# Darby Translation



## Herald (Jan 11, 2007)

I have a dear friend who is in the Plymouth Brethren. I have introduced him to the the doctrines of sovereign grace. He's not quite there yet but he called me today to ask my opinion on the Darby translation. I may be wrong in my understanding but I am under the belief that Darby translated the N.T. Greek by himself. If true this is problematic in itself. Does anyone have any knowledge of the Darby translation and an informed opinion on its accuracy?


----------



## bookslover (Jan 12, 2007)

BaptistInCrisis said:


> I have a dear friend who is in the Plymouth Brethren. I have introduced him to the the doctrines of sovereign grace. He's not quite there yet but he called me today to ask my opinion on the Darby translation. I may be wrong in my understanding but I am under the belief that Darby translated the N.T. Greek by himself. If true this is problematic in itself. Does anyone have any knowledge of the Darby translation and an informed opinion on its accuracy?



I have no idea as to his Greek skills but, since Darby (1800-1882) was one of the original classic dispensationalists, I'd probably want to be really, really leery of his translation.


----------



## Herald (Jan 12, 2007)

bookslover said:


> I have no idea as to his Greek skills but, since Darby (1800-1882) was one of the original classic dispensationalists, I'd probably want to be really, really leery of his translation.



That thought was resident with me also. 

Is there anyone who knows about this translation? Where are all our translation experts?


----------



## Jerusalem Blade (Jan 12, 2007)

Bill, 

Here are two links (from David Cloud's Way of Life Literature site), which, if you use your _Find_ feature to find "Darby" on the page, you can get some info on his translation. I can't quote from it as the site doesn't sanction excerpting.

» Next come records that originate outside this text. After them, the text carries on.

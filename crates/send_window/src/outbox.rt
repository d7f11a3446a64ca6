//! The letters of a channel that are unacknowledged or unsent.

ghost use Rattle.std.specs.Prelude.{◌≡◌, ◌<◌, ◌≤◌, ◌↔◌, ◌+◌, ◌%◌, ◌^◌, ℕ, length, IfOk, OnOk, OnErr, IsOk, IfSome};
ghost use Rattle.send_window.specs.Window.{count_acked, next_to_go, answer_to_tick, next_unsent, next_given, Holds, HoldsRepeated};
ghost use Rattle.send_window.specs.Outbox.{emptied, reserved, put_into, acked_at, let_go_at, ticked_at, reset_at, learnt_by, letter_at};

use crate::letters::Letters;
use crate::window::{LIMIT, SendWindow, Tick};
use std::alloc::Global;
use std::marker::Model;
use wire_base::{Letter, NoMemory};

/// Why a letter isn't taken.
#[derive(Clone, Copy, Debug)]
pub enum PutError {
    /// As many letters as a channel may hold are unacknowledged or unsent.
    QueueFull { limit: usize },
    /// Memory was wanting.
    NoMemory,
}

/// The letters of a channel that are unacknowledged or unsent, with their numbers, the window and the timer.
#[derive(Drop)]
pub struct Outbox {
    letters: Letters,
    window: SendWindow,
}

impl Model for Outbox {
    ghost use Rattle.std.specs.Prelude.{◌≡◌, length};
    ghost use Rattle.send_window.specs.Kept.{Kept};

    ghost Value = { Kept };

    ghost view = { λ o. record { letters = o.letters.letters; window = o.window; spare = o.letters.spare } };

    ghost invariant = { λ o. length o.letters.letters ≡ o.window.queued };
}

impl Outbox {
    /// No letters: the first one given has the number `first`. The window is that of the peer, in letters. It takes no
    /// memory.
    pub fn new(alloc: Global, first: u16, window: u16) -> Outbox
        requires { 0 < window }
        ensures { result ≡ emptied first window }
    {
        Outbox {
            letters: Letters::new(alloc),
            window: SendWindow::new(first, window),
        }
    }

    /// Makes room for so many letters at least: where `put` takes one of them, it takes no memory.
    pub fn reserve(&mut self, count: usize) -> Result<(), NoMemory>
        ensures ok { OnOk result (self.new ≡ reserved self.old count) }
        ensures err { OnErr result (self.new ≡ self.old) }
        ensures there { count ≤ self.old.spare → IsOk result }
    {
        self.letters.reserve(count)
    }

    /// Gives a letter to the channel; it takes the next number. Where it isn't taken, the outbox is as before.
    pub fn put(&mut self, letter: Letter) -> Result<(), PutError>
        ensures ok { OnOk result (self.new ≡ put_into self.old letter) }
        ensures err { OnErr result (self.new ≡ self.old) }
        ensures full { (result ≡ Err (PutError.QueueFull 8192)) ↔ (8192 ≤ self.old.window.queued) }
        ensures room { 0 < self.old.spare → self.old.window.queued < 8192 → IsOk result }
        ensures limit { (n : ℕ) → result ≡ Err (PutError.QueueFull n) → n ≡ 8192 }
    {
        if self.window.is_full() {
            return Err(PutError::QueueFull { limit: LIMIT });
        }
        if self.letters.reserve(1).is_err() {
            return Err(PutError::NoMemory);
        }
        self.letters.put(letter);
        self.window.put();
        Ok(())
    }

    /// Takes the Nr of a message of the peer, and says how many letters it newly acknowledges. Their memory goes
    /// back, and the list's own where it is empty and no room was made.
    pub fn ack(&mut self, nr: u16, now: u64) -> u64
        ensures count { result ≡ count_acked self.old.window nr }
        ensures value { self.new ≡ acked_at self.old nr now }
    {
        let count = self.window.ack(nr, now);
        self.letters.drop_first(count as usize);
        count
    }

    /// The number of the next letter that the window lets go, which is outstanding from then on.
    pub fn pump(&mut self, now: u64) -> Option<u64>
        ensures number { result ≡ next_to_go self.old.window }
        ensures value { self.new ≡ let_go_at self.old now }
        ensures there { IfSome result (λ n. Holds self.new.window n) }
    {
        self.window.pump(now)
    }

    /// What is due at a moment: nothing, one repetition, or the failure of the channel. A letter is repeated 1, 2, 4, 8
    /// and 8 seconds after the last time, and the channel has failed 8 seconds later.
    pub fn tick(&mut self, now: u64) -> Tick
        ensures answer { result ≡ answer_to_tick self.old.window now }
        ensures value { self.new ≡ ticked_at self.old now }
        ensures there { HoldsRepeated self.new.window result }
    {
        self.window.tick(now)
    }

    /// Empties the outbox: the numbers go on from `first`, and the peer's window stays, and so does the room.
    pub fn reset(&mut self, first: u16)
        ensures { self.new ≡ reset_at self.old first }
    {
        self.window.reset(first);
        self.letters.clear();
    }

    /// Sets the peer's window, in letters, and the threshold to it; a congestion window above it is lowered to it.
    pub fn learn_window(&mut self, window: u16)
        requires { 0 < window }
        ensures { self.new ≡ learnt_by self.old window }
    {
        self.window.learn_window(window);
    }

    /// The numbers alone, with the window and the timer.
    pub fn window(&self) -> SendWindow
        ensures value { result ≡ self.now.window }
        ensures same { length self.now.letters ≡ self.now.window.queued }
    {
        self.window
    }

    /// The letter with a number that is unacknowledged.
    pub fn letter(&self, number: u64) -> &Letter
        requires { Holds self.now.window number }
        ensures { letter_at self.now number ≡ Some result.now }
    {
        let Some(letter) = self.letters.get(self.window.place(number) as usize) else {
            unreachable!()
        };
        letter
    }

    /// The number of the next letter to be given.
    pub fn sent_count(&self) -> u64
        ensures { result ≡ next_given self.now.window }
    {
        self.window.sent_count()
    }

    /// The number of the first letter that isn't acknowledged, or of the next one to be given.
    pub fn acked_count(&self) -> u64
        ensures { result ≡ self.now.window.acked }
    {
        self.window.acked_count()
    }

    /// The number of the first letter that was never on the wire, or of the next one to be given. It is the Ns of an
    /// acknowledgement without a message.
    pub fn next_unsent(&self) -> u64
        ensures { result ≡ next_unsent self.now.window }
    {
        self.window.next_unsent()
    }

    /// How many letters are unacknowledged or unsent; at most 8,192.
    pub fn queued(&self) -> usize
        ensures value { result ≡ length self.now.letters }
        ensures few { result ≤ 8192 }
    {
        self.window.queued()
    }

    /// A copy, with as much room: a step is planned on it, and where memory is wanting, nothing has changed. It takes a time in
    /// proportion to the bytes of the letters.
    pub fn copy(&self, alloc: Global) -> Result<Outbox, NoMemory>
        ensures { IfOk result (λ copy. copy ≡ self.now) }
    {
        let letters = self.letters.copy(alloc)?;
        Ok(Outbox {
            letters,
            window: self.window,
        })
    }
}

http://www.wayoflife.org/fbns/brethren.htm

http://www.wayoflife.org/otimothy/tl070002.htm

And a bit from another site:

http://www.wordsearchbible.com/BEproducts/_704.html

You can download or access the Darby Bible from various sites; he seems to have yielded to certain CT readings at places; I do not know if his "prophetic" bent influenced his translations (he translated into a number of languages), but as Robert said, it would pay to be careful. Apart from that possibility -- bias re prophecy -- it would seem to be another individual's attempt to produce an accurate translation, possibly better than some of the liberal translations.

Steve


----------



## Robert Truelove (Jan 12, 2007)

Perhpas you will find this helpful...

http://www.ccel.org/bible/jnd/darby.htm


----------



## Saiph (Jan 12, 2007)

I grew up Plymouth Brethren and still own a Darby translation. I do not think it is that bad. But I am no greek scholar, and I prefer the NASB.


----------